MG Rover is ending cash payments into its controversial retirement fund for the "Phoenix Four", the Midlands businessmen who bought the car maker for £10 four years ago and who are now close to a rescue deal that will see effective control pass to China.
Unions were scandalised by the creation of the £17m fund and the four were recently dubbed "the unacceptable face of capitalism" for perceived greed.
However, John Towers, the chairman of Rover, said he had no regrets over the creation of the fund, except that it should have been set up immediately in 2000 rather than two years later. That would have allowed him to "smooth" payments into the fund.
The fund was set up in 2002 with a £12.9m initial payment, topped up the following year with a further £3.6m. But Mr Towers said the contribution in 2004 has been about 10 per cent of the previous year's total.
A fund of £17m will pay the four annual pensions of about £85,000, Mr Towers said, compared with £150,000 for the average car industry executive.
The remuneration controversy has grown in tandem with the losses at Rover, which are expected to top £100m this year. Its share of UK car sales is at an all-time low of 3 per cent.
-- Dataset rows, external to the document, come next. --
//! Where units of the calendar and of the clock begin.
ghost use Rattle.std.specs.Prelude.{◌≡◌, ◌+◌, ◌≤◌};
ghost use Rattle.qd_time.specs.Units.{unit_of, start_of, end_of};

use crate::calendar::{
    DAY, HOUR, MILLI, MINUTE, SECOND, first_of_month, first_of_next_month, first_of_next_year,
    first_of_year,
};
use qd_base::{MAX_TIME, PartUnit, TimeUnit};

/// The unit of a table's partitions.
pub(crate) fn unit_of(unit: PartUnit) -> TimeUnit
    ensures { result ≡ unit_of unit }
{
    match unit {
        PartUnit::Hour => TimeUnit::Hour,
        PartUnit::Day => TimeUnit::Day,
        PartUnit::Month => TimeUnit::Month,
        PartUnit::Year => TimeUnit::Year,
    }
}

/// The first microsecond of the unit that contains `ts`.
pub(crate) fn start_of(unit: TimeUnit, ts: u64) -> u64
    requires { ts ≤ MAX_TIME }
    ensures { result ≡ start_of unit ts }
{
    match unit {
        TimeUnit::Micro => ts,
        TimeUnit::Milli => ts / MILLI * MILLI,
        TimeUnit::Second => ts / SECOND * SECOND,
        TimeUnit::Minute => ts / MINUTE * MINUTE,
        TimeUnit::Hour => ts / HOUR * HOUR,
        TimeUnit::Day => ts / DAY * DAY,
        TimeUnit::Month => first_of_month(ts / DAY) * DAY,
        TimeUnit::Year => first_of_year(ts / DAY) * DAY,
    }
}

/// The first microsecond of the unit after the one that contains `ts`.
pub(crate) fn end_of(unit: TimeUnit, ts: u64) -> u64
    requires { ts ≤ MAX_TIME }
    ensures value { result ≡ end_of unit ts }
    ensures bound { result ≤ MAX_TIME + 1 }
{
    match unit {
        TimeUnit::Micro => ts + 1,
        TimeUnit::Milli => (ts / MILLI + 1) * MILLI,
        TimeUnit::Second => (ts / SECOND + 1) * SECOND,
        TimeUnit::Minute => (ts / MINUTE + 1) * MINUTE,
        TimeUnit::Hour => (ts / HOUR + 1) * HOUR,
        TimeUnit::Day => (ts / DAY + 1) * DAY,
        TimeUnit::Month => first_of_next_month(ts / DAY) * DAY,
        TimeUnit::Year => first_of_next_year(ts / DAY) * DAY,
    }
}
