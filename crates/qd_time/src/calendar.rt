//! Dates of day numbers, and the clock's units in microseconds.
ghost use Rattle.std.specs.Prelude.{◌≡◌, ◌+◌, ◌≤◌};
ghost use Rattle.qd_time.specs.Buckets.{month_number, day_of_month};
ghost use Rattle.qd_time.specs.Calendar.{CalendarDate, date_of_day, day_number, month_first, month_after, year_first, year_after, IsDateOfDay, IsCalendarDate};

use jiff_core::civil::{self, Date};

/// A millisecond in microseconds.
pub(crate) const MILLI: u64 = 1000;

/// A second in microseconds.
pub(crate) const SECOND: u64 = 1_000_000;

/// A minute in microseconds.
pub(crate) const MINUTE: u64 = 60_000_000;

/// An hour in microseconds.
pub(crate) const HOUR: u64 = 3_600_000_000;

/// A day in microseconds: there are no leap seconds.
pub(crate) const DAY: u64 = 86_400_000_000;

/// The day number of 31 December 9999, the last day that timestamps have. 1 January 1970 is day 0.
pub(crate) const LAST_DAY: u64 = 2_932_896;

/// The last month that timestamps have, December 9999, counted from January 1970.
pub(crate) const LAST_MONTH: u64 = 96_359;

/// The date with that day number.
pub(crate) fn date_of_day(day: u64) -> Date
    requires { day ≤ LAST_DAY }
    ensures { IsDateOfDay result day }
{
    Date::from_days_since_min(day as u32 + EPOCH)
}

/// The day number of the first day of a day's month.
pub(crate) fn first_of_month(day: u64) -> u64
    requires { day ≤ LAST_DAY }
    ensures value { result ≡ day_number (month_first (date_of_day day)) }
    ensures bound { result ≤ day }
{
    day - (date_of_day(day).day as u64 - 1)
}

/// The day number of the first day of the month after a day's.
pub(crate) fn first_of_next_month(day: u64) -> u64
    requires { day ≤ LAST_DAY }
    ensures value { result ≡ day_number (month_after (date_of_day day)) }
    ensures bound { result ≤ LAST_DAY + 1 }
{
    let date = date_of_day(day);
    let length = civil::days_in_month(date.year, date.month);
    day - (date.day as u64 - 1) + length as u64
}

/// The day number of 1 January of a day's year.
pub(crate) fn first_of_year(day: u64) -> u64
    requires { day ≤ LAST_DAY }
    ensures value { result ≡ day_number (year_first (date_of_day day)) }
    ensures bound { result ≤ day }
{
    day - (date_of_day(day).day_of_year() as u64 - 1)
}

/// The day number of 1 January of the year after a day's.
pub(crate) fn first_of_next_year(day: u64) -> u64
    requires { day ≤ LAST_DAY }
    ensures value { result ≡ day_number (year_after (date_of_day day)) }
    ensures bound { result ≤ LAST_DAY + 1 }
{
    let date = date_of_day(day);
    let length = civil::days_in_year(date.year);
    day - (date.day_of_year() as u64 - 1) + length as u64
}

/// The day number of a date.
pub(crate) fn day_number(year: u16, month: u8, day: u8) -> u64
    requires year_high { year ≤ 9999 }
    requires is_date { IsCalendarDate (record { year = year; month = month; day = day }) }
    ensures value { result ≡ day_number (record { year = year; month = month; day = day }) }
    ensures bound { result ≤ LAST_DAY }
{
    let date = Date::constrain(year as i16, month, day);
    date.to_unix_epoch_day() as u64
}

/// The months from January 1970 to a day's month. The day may be 1 January 10000.
pub(crate) fn month_number(day: u64) -> u64
    requires { day ≤ LAST_DAY + 1 }
    ensures value { result ≡ month_number (date_of_day day) }
    ensures bound { result ≤ LAST_MONTH + 1 }
{
    if day > LAST_DAY {
        return LAST_MONTH + 1;
    }
    let date = date_of_day(day);
    (date.year as u64 - 1970) * 12 + (date.month as u64 - 1)
}

/// The day number of a month's day, or of its last where the month is shorter. The month, counted
/// from January 1970, lies before the year 10000.
pub(crate) fn day_of_month(month: u64, day: u8) -> u64
    requires month_high { month ≤ LAST_MONTH }
    requires day_low { 1 ≤ day }
    ensures value { result ≡ day_number (day_of_month month day) }
    ensures bound { result ≤ LAST_DAY }
{
    let (year, month) = ((1970 + month / 12) as u16, (month % 12 + 1) as u8);
    day_number(
        year,
        month,
        day.min(civil::days_in_month(year as i16, month)),
    )
}

/// The days from the first date that jiff has to 1 January 1970.
const EPOCH: u32 = 4_371_587;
The four, through their company Phoenix Venture Holdings, own 50 per cent of Rover. Their future financial arrangements will be scrutinised closely when Rover finalises its expected joint venture with the Shanghai Automotive Industry Corporation (SAIC) early next year. It is possible there could be further payouts as part of the deal.
The new joint-venture company will design, develop and produce cars. The Chinese are injecting more than £1bn into the venture, which will control the key assets and intellectual property rights of the two car makers.
Jim O'Donnell, the UK managing director of BMW, which sold Rover to the four for a nominal £10, said earlier this month that it was a "disgrace" that the Rover board pay themselves more than the board of BMW, when pensions are included. "It is the unacceptable face of capitalism," he said.